- [EXERCISE AIM]: Word for word, repeat the lines of the records from the one containing "map.add_image(1);" through the last line, both included.

-- Opening Marker --

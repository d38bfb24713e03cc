//! A clock, a gate of writes, a pool of slots, and a map of copies.

use crate::page::Page;
use crate::stopped::{Done, Stopped};
use diff_map::DiffMap;
use hold_gate::HoldGate;
use slot_pool::SlotPool;
use std::alloc::Global;
use tick_limits::{Clock, HOLD_LIMIT};

/// A limit passes at equality, and a full clock stands still.
fn show_clock(page: &mut Page) {
    let mut clock = Clock::new();
    page.show("10000 ticks", &clock.advance(10_000));
    page.show("spent", &clock.spent(0, HOLD_LIMIT));
    page.show("until", &clock.until_spent(0, HOLD_LIMIT));
    page.show("too many", &clock.advance(1 << 63));
    page.show("now", &clock.now());
}

/// A hold comes before a freeze, and clear opens both.
fn show_gate(alloc: Global, page: &mut Page) -> Done {
    let mut gate = HoldGate::new(alloc, 1, 1)?;
    page.show("writer", &gate.may_write(0, Some(0)));
    gate.freeze(0);
    page.show("writer", &gate.may_write(0, Some(0)));
    page.show("others", &gate.may_write(0, None));
    gate.hold(0);
    page.show("writer", &gate.may_write(0, Some(0)));
    page.show("others", &gate.may_write(0, None));
    gate.clear();
    page.show("writer", &gate.may_write(0, Some(0)));
    page.show("others", &gate.may_write(0, None));
    Ok(())
}

/// The lowest free slot is taken and given back.
fn show_slots(alloc: Global, page: &mut Page) -> Done {
    let mut pool = SlotPool::new(alloc, 2)?;
    page.show("taken", &pool.take());
    page.show("taken", &pool.take());
    page.show("taken", &pool.take());
    if pool.slots() == 2 && pool.is_taken(0) {
        pool.give(0);
    }
    page.show("free", &pool.free());
    page.show("taken", &pool.take());
    Ok(())
}

/// What a map finds for the older image and for the newer one.
fn show_finds(page: &mut Page, map: &DiffMap) {
    page.show("found", &map.find(1, 3));
    page.show("found", &map.find(1, 1));
    page.show("found", &map.find(2, 3));
    page.show("images", &map.images());
}

/// Two images of a volume of four blocks, each with a copy in a slot of two.
fn show_map(alloc: Global, page: &mut Page) -> Done {
    let mut map = DiffMap::new(alloc, 4, 2)?;
    map.add_image(1);
    if map.newest_has(3) {
        return Err(Stopped);
    }
    map.note(3, 0);
    map.add_image(2);
    if map.newest_has(1) {
        return Err(Stopped);
    }
    map.note(1, 1);
    show_finds(page, &map);
    Ok(())
}

/// All of these.
pub fn show_machines(alloc: Global, page: &mut Page) -> Done {
    show_clock(page);
    show_gate(alloc, page)?;
    show_slots(alloc, page)?;
    show_map(alloc, page)
}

-- Closing Marker --

- [RESULT OF THE EXERCISE]:
    map.add_image(1);
    if map.newest_has(3) {
        return Err(Stopped);
    }
    map.note(3, 0);
    map.add_image(2);
    if map.newest_has(1) {
        return Err(Stopped);
    }
    map.note(1, 1);
    show_finds(page, &map);
    Ok(())
}

/// All of these.
pub fn show_machines(alloc: Global, page: &mut Page) -> Done {
    show_clock(page);
    show_gate(alloc, page)?;
    show_slots(alloc, page)?;
    show_map(alloc, page)
}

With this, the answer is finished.